Shanghai’s government said on May 16 that it would formally lift the citywide lockdown on June 1, part of a “gradual” and “phased” process that will eventually return every aspect of work, life and business operations in China’s commercial hub to full normality by the end of the month.

A “white list” in place since mid-April comprising major manufacturers that have been approved to resume production under a “closed loop” – where workers have to sleep on site to ensure zero contact with outsiders and be tested daily – will be scrapped after June 1, as everyone can resume business without obtaining prior consent.

Authorities will allow more time for the food, retail and tourism industries to file their payments for taxes and social-welfare obligations, offering a bit of breathing room for the three worst-hit sectors during the city’s two-month-long lockdown.

Public transport has been partially restored since late May, after city authorities combined Covid-19 test data and vaccination records to transit passes to allow uninfected passengers to board more quickly.

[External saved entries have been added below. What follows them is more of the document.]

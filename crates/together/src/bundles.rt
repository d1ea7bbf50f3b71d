//! Bundles, and one that means what they mean together.
ghost use Rattle.std.specs.Prelude.{◌≡◌, ℕ, IfOk, IfErr, IfNone, IfSome, List, Some, map, slice_get, string_bytes, take};
ghost use Rattle.std.specs.List.{AllZip};
ghost use Rattle.machines.specs.declared.arch.Arch.{Arch as TheArch};
ghost use Rattle.profile.specs.Policy.{Policy};
ghost use Rattle.profile_json.specs.Breaks.{Breaks};
ghost use Rattle.profile_json.specs.Fault.{fault_of};
ghost use Rattle.together.specs.Combined.{IsBundle, MeansTogether};
ghost use Rattle.together.specs.Together.{IsUnlike, SaysTogether};
ghost use Rattle.together.specs.Unjudged.{AreUnread, IsUnjudged, IsUnsettled};
ghost use Rattle.together.specs.declared.bundles.Unjudged.TheVariants.{OutOfMemory};
ghost use Rattle.together.specs.declared.way.Way.{Way as TheWay};

use crate::judged::{Unsettled, judge};
use crate::unlike::Unlike;
use crate::way::Way;
use differ::Call;
use machines::Arch;
use profile::Profile;
use profile_json::{Bundle, ProfileError, read_bundle};
use std::alloc::{AllocError, AllocFailed, Global};

/// Why a bundle is not handed out.
#[derive(Clone, Copy)]
pub enum Unjudged {
    /// The bundle at a place, from 0 on, is refused.
    Refused(usize, ProfileError),
    /// What was written is refused.
    Unread(ProfileError),
    /// What was written says another verdict.
    Unlike(Unlike),
    /// The conditions on the arguments of a call can answer in more ways than are looked at.
    Crowded(Call),
    /// There is not enough memory.
    OutOfMemory,
}

impl From<AllocError> for Unjudged {
    ghost from_gives = { λ _ e. e ≡ OutOfMemory };

    fn from(_error: AllocError) -> Unjudged {
        Unjudged::OutOfMemory
    }
}

impl<T: Drop> From<AllocFailed<T>> for Unjudged {
    ghost from_gives = { λ _ e. e ≡ OutOfMemory };

    fn from(_error: AllocFailed<T>) -> Unjudged {
        Unjudged::OutOfMemory
    }
}

// Why bundles are not read of which the one at a place is refused.
fn refused_at(place: usize, error: ProfileError) -> Unjudged
    ensures { (native : TheArch) (bundles : List (List ℕ)) (bundle : List ℕ) (before : List Policy) → slice_get bundles place ≡ Some bundle
        → AllZip (IsBundle native) (take place bundles) before → IfSome (fault_of error) (Breaks bundle native)
        → AreUnread native bundles result }
{
    if let ProfileError::OutOfMemory = error {
        return Unjudged::OutOfMemory;
    }
    Unjudged::Refused(place, error)
}

// Why a bundle is not handed out that is refused.
fn unread(error: ProfileError) -> Unjudged
    ensures { (native : TheArch) (way : TheWay) (ps : List Policy) (bundle : List ℕ) → IfSome (fault_of error) (Breaks bundle native)
        → IsUnjudged native way ps bundle result }
{
    if let ProfileError::OutOfMemory = error {
        return Unjudged::OutOfMemory;
    }
    Unjudged::Unread(error)
}

// The profile that a bundle means.
fn profile_of(alloc: Global, native: Arch, bundle: &[u8]) -> Result<Profile, ProfileError>
    ensures read { IfOk result (IsBundle native bundle.now) }
    ensures fault { IfErr result (λ e. IfSome (fault_of e) (Breaks bundle.now native)) }
{
    let Bundle { profile, .. } = read_bundle(alloc, bundle, native)?;
    Ok(profile)
}

/// The profiles that bundles mean.
pub fn profiles_of(
    alloc: Global,
    native: Arch,
    bundles: &[Vec<u8>],
) -> Result<Vec<Profile>, Unjudged>
    ensures read { IfOk result (λ profiles. AllZip (IsBundle native) (map (λ b. b.items) bundles.now) profiles.items) }
    ensures fault { IfErr result (AreUnread native (map (λ b. b.items) bundles.now)) }
{
    let mut profiles = Vec::new(alloc);
    for bundle in bundles {
        match profile_of(alloc, native, bundle) {
            Ok(profile) => profiles.push(profile)?,
            Err(error) => return Err(refused_at(profiles.len(), error)),
        }
    }
    Ok(profiles)
}

// A bundle, if it was settled that it is none on whose profile a verdict is unlike.
fn if_settled(
    settled: Result<Option<Unlike>, Unsettled>,
    bundle: String,
) -> Result<String, Unjudged>
    ensures together { (native : TheArch) (way : TheWay) (ps : List Policy) (q : Policy)
        → IfOk settled (λ found. IfNone found (SaysTogether way ps q)) → IsBundle native (string_bytes bundle) q
        → IfOk result (λ made. MeansTogether native way ps (string_bytes made)) }
    ensures fault { (native : TheArch) (way : TheWay) (ps : List Policy) (q : Policy)
        → IfOk settled (λ found. IfSome found (IsUnlike way ps q)) → IfErr settled (IsUnsettled ps q)
        → IsBundle native (string_bytes bundle) q → IfErr result (IsUnjudged native way ps (string_bytes bundle)) }
{
    match settled {
        Ok(None) => Ok(bundle),
        Ok(Some(found)) => Err(Unjudged::Unlike(found)),
        Err(Unsettled::Crowded(call)) => Err(Unjudged::Crowded(call)),
        Err(Unsettled::OutOfMemory) => Err(Unjudged::OutOfMemory),
    }
}

/// A bundle, if its profile says of each call record what counts of the verdicts that several say of it.
pub fn if_together(
    alloc: Global,
    native: Arch,
    way: Way,
    profiles: &[Profile],
    bundle: String,
) -> Result<String, Unjudged>
    ensures together { IfOk result (λ made. MeansTogether native way profiles.now (string_bytes made)) }
    ensures fault { IfErr result (IsUnjudged native way profiles.now (string_bytes bundle)) }
{
    let joined = match profile_of(alloc, native, bundle.as_bytes()) {
        Ok(joined) => joined,
        Err(error) => return Err(unread(error)),
    };
    if_settled(judge(alloc, way, profiles, &joined), bundle)
}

But local residents have been awaiting an official announcement on resuming public transport fully to enable them to travel between their homes and offices every day.

A total 22.3 million residents, or 90 per cent of the city’s population of 25 million, are now living in “precautionary zones” that have already been declared virus-free for at least 14 days, according to a tally released by local authorities.

Many employees with state-owned companies have been told to start work in offices on June 1.

Passengers camped in front of the Hongqiao railway station while waiting for their trains in Shanghai on 29 May 2022. Photo: EPA-EFE
Passengers camped in front of the Hongqiao railway station while waiting for their trains in Shanghai on 29 May 2022. Photo: EPA-EFE

Public concerns about any possibility that Shanghai would backtrack from its plan to lift a citywide lockdown on June 1 have been mounting since last week. City authorities reversed their phased lockdown plan in late March to enforce a citywide clampdown on April 1, which has strained worldwide supply chains and driven many small businesses to the brink of collapse.

On Sunday, Shanghai’s government unveiled a comprehensive 50-point plan containing eight major aspects, from helping enterprises reduce operating costs and incentives to prevent job losses to broader reopening measures, to stimulate the city’s economy.

But business owners said the incentives would turn out to be just verbal support if they could not be allowed to resume operations soon.